I like them all but Freckle. It does look like flooring! lol


----------



## Jasminehiss (Feb 11, 2013)

I'm really tempted by the blue,green,and purple, but the price is just too expensive for me. I wonder if there are any indie dupes for these though.


----------



## MissLindaJean (Feb 11, 2013)

> I'm really tempted by the blue,green,and purple, but the price is just too expensive for me. I wonder if there are any indie dupes for these though.Â


 I believe Deborah Lippmann has a collection similar, but that's not saving money lol!


----------



## Jasminehiss (Feb 11, 2013)

Yeah, I've seen the swatch from The Polishacholic.
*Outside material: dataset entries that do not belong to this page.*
//! A script: the clients and the items that its lines give.
ghost use Rattle.std.specs.Prelude.{◌≡◌, ◌<◌, ◌≤◌, ◌^◌, ◌+◌, ◌++◌, ◌∷◌, [], IfOk, IsUtf8, length};
ghost use Rattle.rif_refusals.specs.Limits.{most_clients};
ghost use Rattle.rif_lex.specs.Lexing.{Answers};
ghost use Rattle.prd_grammar.specs.Values.{place_of};
ghost use Rattle.rif_script.specs.Jobs.{budget_of, lines_of};
ghost use Rattle.rif_script.specs.ReadingLines.{no_lines, with_lines};
ghost use Rattle.rif_script.specs.ScriptSteps.{budgets_with, client_with};

use crate::document_part::first_line;
use crate::script_line::{Line, read_line};
use prd_reader::{Prefixes, TextPool};
use rif_lex::Token;
use rif_refusals::limits::{MOST_BUDGETS, MOST_CLIENTS, MOST_ITEMS};
use rif_refusals::{Fault, Refusal};
use rif_values::{Listed, OutOfMemory, Text};
use session_states::Item;
use std::alloc::Global;

/// What the lines of a script give: the names of its clients, its items with their clients' numbers, and
/// the sum of its budgets.
#[derive(Drop)]
pub struct Script {
    pub names: Listed<Text>,
    pub items: Listed<(u32, Item)>,
    pub budgets: u64,
}

/// The script of a text whose first line has this number, or the refusal of its first faulty line. The
/// cost is the text's length; for a line memory is taken for its item and a new client's name. The room for its
/// tokens is used again, and one pool makes the texts of all lines, so that names which come again share their bytes.
///
/// Source: our own (docs/FORMATS.md, "Jobs").
pub fn read_script(
    alloc: Global,
    prefixes: &Prefixes,
    text: &[u8],
    first: u64,
) -> Result<Script, Fault>
    requires { first + length text.now < 2 ^ 64 }
    ensures { Answers result (with_lines prefixes.now first no_lines (lines_of text.now)) }
{
    let mut script = Script {
        names: Listed::new(alloc),
        items: Listed::new(alloc),
        budgets: 0,
    };
    let mut found = Vec::new(alloc);
    let mut pool = TextPool::new(alloc)?;
    let mut number = first;
    let mut rest = text;
    while !rest.is_empty() {
        let (line, behind) = first_line(rest);
        script = script.with_line(&mut pool, &mut found, prefixes, line, number)?;
        number += 1;
        rest = behind;
    }
    Ok(script)
}

impl Script {
    ghost use Rattle.std.specs.Prelude.{◌≤◌, IfOk, IsUtf8, length};
    ghost use Rattle.rif_refusals.specs.Limits.{most_clients};
    ghost use Rattle.rif_lex.specs.Lexing.{Answers};
    ghost use Rattle.rif_script.specs.ReadingLines.{with_line, with_sent};
    ghost use Rattle.rif_script.specs.ScriptSteps.{room_for, with_room};

    // The script with the line of this number.
    #[tactic(auto, unfolding(crate::specs::ReadingLines::with_line))]
    fn with_line(
        self,
        pool: &mut TextPool,
        found: &mut Vec<Token>,
        prefixes: &Prefixes,
        line: &[u8],
        number: u64,
    ) -> Result<Script, Fault>
        requires { length self.names ≤ most_clients }
        ensures is { Answers result (with_line prefixes.now number self line.now) }
        ensures few { IfOk result (λ script. length script.names ≤ most_clients) }
    {
        match read_line(pool, found, prefixes, line)? {
            None => Err(Fault::Refused(Refusal::BadLine { line: number })),
            Some(Line::Skipped) => Ok(self),
            Some(Line::Sent(name, item)) => self.with_sent(pool.alloc(), name, item, number),
        }
    }

    // The script with a client's item, which the line of this number sends.
    fn with_sent(self, alloc: Global, name: &[u8], item: Item, number: u64) -> Result<Script, Fault>
        requires utf8 { IsUtf8 name.now }
        requires few { length self.names ≤ most_clients }
        ensures is { Answers result (with_sent number self (name.now, item)) }
        ensures few { IfOk result (λ script. length script.names ≤ most_clients) }
    {
        let budgets = self.room_for(&item, number)?;
        self.with_room(alloc, name, item, budgets, number)
    }

    // The sum of the budgets with an item, where there is room for it.
    fn room_for(&self, item: &Item, number: u64) -> Result<u64, Fault>
        ensures { Answers result (room_for number self.now item.now) }
    {
        let budgets = budgets_with(self.budgets, item, number)?;
        if self.items.len() as u64 >= MOST_ITEMS {
            return Err(Fault::Refused(Refusal::TooManyItems { line: number }));
        }
        Ok(budgets)
    }

    // The script with a client's item that there is room for, and this sum of budgets.
    fn with_room(
        self,
        alloc: Global,
        name: &[u8],
        item: Item,
        budgets: u64,
        number: u64,
    ) -> Result<Script, Fault>
        requires utf8 { IsUtf8 name.now }
        requires few { length self.names ≤ most_clients }
        ensures is { Answers result (with_room number self (name.now, item) budgets) }
        ensures few { IfOk result (λ script. length script.names ≤ most_clients) }
    {
        let Script { names, items, .. } = self;
        let (client, names) = client_with(alloc, names, name, number)?;
        let items = items_with(items, client, item)?;
        Ok(Script {
            names,
            items,
            budgets,
        })
    }
}

// The items with one more, of the client of the number.
fn items_with(
    mut items: Listed<(u32, Item)>,
    client: u32,
    item: Item,
) -> Result<Listed<(u32, Item)>, OutOfMemory>
    ensures { IfOk result (λ more. more ≡ items ++ (client, item) ∷ []) }
{
    items.push((client, item))?;
    Ok(items)
}

// The sum of the budgets with that of an item, which the line of this number sends.
fn budgets_with(before: u64, item: &Item, number: u64) -> Result<u64, Fault>
    ensures { Answers result (budgets_with number (before + budget_of item.now)) }
{
    match before.checked_add(budget_of(item)) {
        Some(sum) if sum <= MOST_BUDGETS => Ok(sum),
        _ => Err(Fault::Refused(Refusal::BudgetTooLarge { line: number })),
    }
}

// The number of the client of this name, that of its first line or the next one, and the names with it.
fn client_with(
    alloc: Global,
    mut names: Listed<Text>,
    name: &[u8],
    number: u64,
) -> Result<(u32, Listed<Text>), Fault>
    requires utf8 { IsUtf8 name.now }
    requires few { length names ≤ most_clients }
    ensures is { Answers result (client_with number names name.now) }
    ensures few { IfOk result (λ found. length found.1 ≤ most_clients) }
{
    let place = place_of(names.as_slice(), name);
    if place < names.len() {
        return Ok((place as u32, names));
    }
    if place as u64 >= MOST_CLIENTS {
        return Err(Fault::Refused(Refusal::TooManyClients { line: number }));
    }
    names.push(Text::from_bytes(alloc, name)?)?;
    Ok((place as u32, names))
}

// An item's budget, and 0 where it has none.
fn budget_of(item: &Item) -> u64
    ensures { result ≡ budget_of item.now }
{
    match item {
        Item::Fire(budget) | Item::Until(budget) => *budget,
        Item::Change(_) | Item::Halt | Item::Dispose => 0,
    }
}

// The place of a name among some, counted from 0, or their number where it isn't one of them.
fn place_of(names: &[Text], name: &[u8]) -> usize
    ensures is { result ≡ place_of names.now name.now }
    ensures within { result ≤ length names.now }
{
    let mut place = 0;
    while place < names.len() && names[place].bytes() != name {
        place += 1;
    }
    place
}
More temptation.  I'll just wait and hope more affordable companies jump onto this trend and create dupes.


----------



## CourtneyB (Feb 18, 2013)

Ooh, I just saw these on Sephora.com...I want them so bad! I love the blue, green, and purple, but if I do get one, I'd only get one. No idea which color to go for!


----------



## Ashitude (Feb 18, 2013)

I really should unsub from this thread. Every time someone posts on it I have to go through the whole process of trying to convince myself I do not need these again.


----------



## CourtneyB (Feb 18, 2013)

> Originally Posted by *Ashitude* /img/forum/go_quote.gif
> 
> I really should unsub from this thread. Every time someone posts on it I have to go through the whole process of trying to convince myself I do not need these again.


 Welcome to the MuT Enablers Club.


----------



## smiletorismile (Mar 8, 2013)

I just got the green one (Mottle) in the mail. I put it on and it is so pretty! I love this collection!


----------